(Source data)

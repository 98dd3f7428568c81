// One state of a pack seen through its length and stride.
#![tactic(auto)]

ghost use Rattle.std.specs.Prelude.{◌≡◌, ◌*◌, ltb};
ghost use Rattle.state_view.specs.View.{seen};

// Number e of the state is e strides past the slice's first number.
#[derive(Clone, Copy)]
pub struct AccumStateView<'a> {
    pub data: &'a [f64],
    pub len: usize,
    pub stride: usize,
}

// Whether number e lies past place `last`. By division: no product wraps, and a loop over e divides once, where it would test each product.
#[tactic(auto, using(crate::proofs::Places::over_none, crate::proofs::Places::over_by_division))]
fn is_past(e: usize, stride: usize, last: usize) -> bool
    ensures { result ≡ ltb last (e * stride) }
{
    if stride == 0 {
        return false;
    }
    last / stride < e
}

// Number e of the state whose first number is the slice's first; none where the state or the slice has none. Any numbers may be passed.
#[tactic(auto, unfolding(crate::specs::View::seen))]
pub fn strided_number(data: &[f64], len: usize, stride: usize, e: usize) -> Option<f64>
    ensures { result ≡ seen «data».now len stride e }
{
    if len <= e {
        return None;
    }
    let last = data.len().checked_sub(1)?;
    if is_past(e, stride, last) {
        return None;
    }
    Some(data[e * stride])
}

impl<'a> AccumStateView<'a> {
    // A view of the state whose first number is the slice's first.
    pub fn new(data: &'a [f64], len: usize, stride: usize) -> AccumStateView<'a>
        ensures { (result.«data» ≡ «data».entry) × (result.len ≡ len) × (result.stride ≡ stride) }
    {
        AccumStateView { data, len, stride }
    }

    // Number e of the state that the view shows.
    pub fn number_at(self, e: usize) -> Option<f64>
        ensures { result ≡ seen self.entry.«data».now self.entry.len self.entry.stride e }
    {
        strided_number(self.data, self.len, self.stride, e)
    }
}

// Number e of a state, by way of its view.
pub fn read_number(part: &[f64], len: usize, stride: usize, e: usize) -> Option<f64>
    ensures { result ≡ seen part.now len stride e }
{
    AccumStateView::new(part, len, stride).number_at(e)
}
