const XPSR: u8 = 16;

// The xPSR that a function starts with: its T bit alone.
const XPSR_THUMB: u32 = 0x01000000;

// The registers that a function may change, in the order of a frame.
const CLOBBERED: [u8; 8] = [R0, 1, 2, 3, SP, LR, PC, XPSR];

// Where the bootrom holds its pointers, and how many entries of its table are looked at.
const ROM_TABLE_PTRS: u32 = 0x14;

const ENTRIES: u16 = 16384;

// The value for a function that the table lacks.
const NOT_FOUND: u32 = 0xFFFFFFFF;

// BKPT #0, twice.
const BKPT_TWICE: u32 = 0xBE00BE00;

// How often DHCSR is read for a bit, and for the core to run.
const POLLS: u32 = 4096;

const LOOKS: u32 = 64;

// The register at place i of a frame.
fn register_at(i: u32) -> u8
    ensures { result ≡ get_or clobbered i 0 }
{
    slots::get_or(&CLOBBERED, i as usize, 0)
}

// Whether the status bit stands that a wait is for.
fn status(w: Wait, v: u32) -> bool
    ensures { result ≡ Cortex.stands (bit_of w) v }
{
    match w {
        Wait::Halt => v / S_HALT % 2 == 1,
        Wait::Read | Wait::Write => v / S_REGRDY % 2 == 1,
    }
}

// An access ends.
fn access_ended(o: Outcome) -> AccessAsks
    ensures { ends o ≡ next_job result.next (access_after result.at) }
{
    AccessAsks {
        at: AccessAt::Whole,
        next: Next::End(o),
    }
}

// The operation `op` of an access.
fn access_doing(at: AccessAt, op: Op) -> AccessAsks
    ensures { op_then op (access_after at) ≡ next_job result.next (access_after result.at) }
{
    AccessAsks {
        at,
        next: Next::Do(op),
    }
}

// `left` more reads of DHCSR.
#[tactic(auto, using(crate::specs::Laws::Turns::waiting_none, crate::specs::Laws::Turns::waiting_more))]
fn wait_on(w: Wait, left: u32) -> AccessAsks
    ensures { waiting w left ≡ next_job result.next (access_after result.at) }
{
    if left == 0 {
        return access_ended(Err(ArmError::CoreTimeout));
    }
    access_doing(
        AccessAt::Poll {
            wait: w,
            left: left - 1,
        },
        Op::ReadWord { addr: DHCSR },
    )
}

// DHCSR is read: it is read again, or the wait is over.
fn polled_by(w: Wait, left: u32, v: u32) -> AccessAsks
    ensures { polled w left v ≡ next_job result.next (access_after result.at) }
{
    if !status(w, v) {
        return wait_on(w, left);
    }
    match w {
        Wait::Halt => access_ended(Ok(0)),
        Wait::Read => access_doing(AccessAt::Whole, Op::ReadWord { addr: DCRDR }),
        Wait::Write => access_ended(Ok(0)),
    }
}

// What follows an operation of an access that gave the value `v`.
fn access_on(p: AccessAt, v: u32) -> AccessAsks
    ensures { access_on p v ≡ next_job result.next (access_after result.at) }
{
    match p {
        AccessAt::Whole => access_ended(Ok(v)),
        AccessAt::Halted => access_ended(Ok(v / S_HALT % 2)),
        AccessAt::Asked(w) => wait_on(w, POLLS),
        AccessAt::Poll { wait, left } => polled_by(wait, left, v),
        AccessAt::Data(reg) => access_doing(
            AccessAt::Asked(Wait::Write),
            Op::WriteWord {
                addr: DCRSR,
                word: u32::from(reg) + DCRSR_REGWNR,
            },
        ),
    }
}

// The address of an entry.
fn entry_of(s: Search) -> u32
    ensures { result ≡ entry_of s }
{
    u32::from(s.table) + 4 * u32::from(ENTRIES.saturating_sub(s.left))
}
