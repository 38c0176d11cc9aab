// Accesses to the registers of the model target's debug port.
#![tactic(auto)]

ghost use Rattle.std.specs.Prelude.{◌≡◌, false, cond, ◌≤◌};
ghost use Rattle.target.specs.DebugPort as DebugPort;
ghost use Rattle.target.specs.DebugPort.{has, powered, acked, ctrl_stat, requests, reach_dp};

use target::{Done, DpRegister, Target};

const CDBGPWRUPREQ: u32 = 0x10000000;

const CSYSPWRUPREQ: u32 = 0x40000000;

const ACKS: u32 = 0xA0000000;

const STICKYERR: u32 = 0x20;

const STKERRCLR: u32 = 4;

// A bit of a word, or 0.
fn bit_if(on: bool, bit: u32) -> u32
    ensures { (result ≡ cond on bit 0) × (result ≤ bit) }
{
    if on { bit } else { 0 }
}

// Whether both power-up requests stand.
fn is_powered(t: Target) -> bool
    ensures { result ≡ powered t }
{
    t.cdbgpwrupreq && t.csyspwrupreq
}

// Whether CTRL/STAT shows the acks.
fn is_acked(t: Target) -> bool
    ensures { result ≡ acked t }
{
    is_powered(t) && t.owed == 0
}

// What CTRL/STAT reads as.
fn ctrl_stat(t: Target) -> u32
    ensures { result ≡ ctrl_stat t }
{
    bit_if(t.cdbgpwrupreq, CDBGPWRUPREQ)
        + bit_if(t.csyspwrupreq, CSYSPWRUPREQ)
        + bit_if(is_acked(t), ACKS)
        + bit_if(t.sticky, STICKYERR)
}

// The target after a write of CTRL/STAT.
fn requested(t: Target, word: u32) -> Target
    ensures { result ≡ requests t word }
{
    let u = Target {
        cdbgpwrupreq: word / CDBGPWRUPREQ % 2 == 1,
        csyspwrupreq: word / CSYSPWRUPREQ % 2 == 1,
        ..t
    };
    if !is_powered(t) && is_powered(u) {
        Target { owed: t.d, ..u }
    } else {
        u
    }
}

// Sticky after a write of ABORT.
fn cleared(sticky: bool, word: u32) -> bool
    ensures { result ≡ cond (has DebugPort.STKERRCLR word) false sticky }
{
    word / STKERRCLR % 2 != 1 && sticky
}

// An access to a register of the debug port.
pub fn reach_dp(reg: DpRegister, t: Target, word: u32) -> Done
    ensures { result ≡ reach_dp reg t word }
{
    match reg {
        DpRegister::AbortWrite => {
            let sticky = cleared(t.sticky, word);
            Done::new(0, Target { sticky, ..t })
        }
        DpRegister::DpidrRead => Done::new(t.dpidr, t),
        DpRegister::CtrlStatWrite => Done::new(0, requested(t, word)),
        DpRegister::CtrlStatRead => {
            let owed = t.owed.saturating_sub(1);
            Done::new(ctrl_stat(t), Target { owed, ..t })
        }
        DpRegister::SelectWrite => Done::new(0, Target { select: word, ..t }),
        DpRegister::RdbuffRead => Done::new(t.rdbuff, t),
        DpRegister::OtherRead | DpRegister::OtherWrite => Done::new(0, t),
    }
}
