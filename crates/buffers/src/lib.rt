// Text put into a lent buffer: what all that is printed stands on.
#![tactic(auto)]

pub mod putting;
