// Bytes, words and numbers in decimal, put on a sheet one behind the other. What does not fit is not written, and the place stays at the
// buffer's end.
ghost use Rattle.std.specs.Prelude.{◌≡◌, ◌+◌, ◌%◌, [], ◌∷◌};
ghost use Rattle.buffers.specs.Put.{Puts};
ghost use Rattle.buffers.specs.Decimal.{decimal};

// A lent buffer, and the place in it where the next text goes.
#[derive(Drop)]
pub struct Sheet<'a> {
    pub out: &'a mut [u8],
    pub at: usize,
}

impl<'a> Sheet<'a> {
    pub fn put_byte(&mut self, b: u8)
        ensures { Puts self.old self.new (b ∷ []) }
    {
        if self.at < self.out.len() {
            self.out[self.at] = b;
            self.at += 1;
        }
    }

    pub fn put_word(&mut self, word: &[u8])
        ensures { Puts self.old self.new word.now }
    {
        for &b in word {
            self.put_byte(b);
        }
    }

    #[tactic(auto, unfolding(crate::specs::Decimal::decimal))]
    pub fn put_number(&mut self, n: u64)
        ensures { Puts self.old self.new (decimal n) }
    {
        if n < 10 {
            self.put_byte(digit(n));
        } else {
            self.put_number(n / 10);
            self.put_byte(digit(n));
        }
    }
}

// The last digit of a number.
fn digit(n: u64) -> u8
    ensures { result ≡ 48 + n % 10 }
{
    b'0' + (n % 10) as u8
}
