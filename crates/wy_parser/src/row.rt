//! The way that a text takes at each choice of the grammar.

ghost use Rattle.std.specs.Prelude.{◌≡◌, ◌++◌, OnOk, reverse};
ghost use Rattle.wy_tree.specs.Grammar.{a};
ghost use Rattle.wy_parser.specs.Symbols.{symbols_seen};
ghost use Rattle.wy_parser.specs.Prediction.{predict as way, predict_list as list_way, predict_declared as declared_way, predict_method as method_way, predict_declaration as declaration_way, predict_member_form as member_form_way, predict_member_tail as member_tail_way, predict_member as member_way, predict_elements as elements_way, predict_initial as initial_way, predict_leaving as leaving_way, predict_looping as looping_way, predict_statement_form as statement_form_way, predict_statement as statement_way, comes as coming, is_there as being_there};

use crate::expression::{dimension_ways, new_ways, operator_ways, primary_ways};
use crate::look::{
    behind, declares, first_kind, heads_interface, heads_method, is_modifying, is_name, is_own,
};
use crate::symbol::Symbol;
use std::alloc::AllocError;
use wy_tree::grammar::{Class, Item, Row, Sort};
use wy_tree::kind::{Kind, is_kind};

/// Puts items before those that are pending, whose first is the last of the `Vec`.
pub fn put(pending: &mut Vec<Item>, items: &[Item]) -> Result<(), AllocError>
    ensures { OnOk result (reverse pending.new.items ≡ items.now ++ reverse pending.old.items) }
{
    let mut left = items;
    while let Some((last, before)) = left.split_last() {
        pending.push(*last)?;
        left = before;
    }
    Ok(())
}

/// The item of a token of one kind.
pub fn token(kind: Kind) -> Item
    ensures { result ≡ a kind }
{
    Item::One(Class::Exactly(kind))
}

fn comes(sort: Sort, kind: Kind) -> bool
    ensures { result ≡ coming sort kind }
{
    match sort {
        Sort::Declaration => !is_kind(kind, Kind::Nothing),
        Sort::Mod => is_modifying(kind) || is_kind(kind, Kind::At),
        Sort::Catch => is_kind(kind, Kind::Catch),
        _ => !is_kind(kind, Kind::CloseBrace),
    }
}

fn is_there(sort: Sort, kind: Kind) -> bool
    ensures { result ≡ being_there sort kind }
{
    match sort {
        Sort::Throws => is_kind(kind, Kind::Throws),
        Sort::Args => is_kind(kind, Kind::OpenParen),
        _ => !is_kind(kind, Kind::Semicolon),
    }
}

(End Source data)

* [What this task involves] If a line above includes the string "Asked", pick it out.

* [Exercise solution]
        AccessAt::Asked(w) => wait_on(w, POLLS),
            AccessAt::Asked(Wait::Write),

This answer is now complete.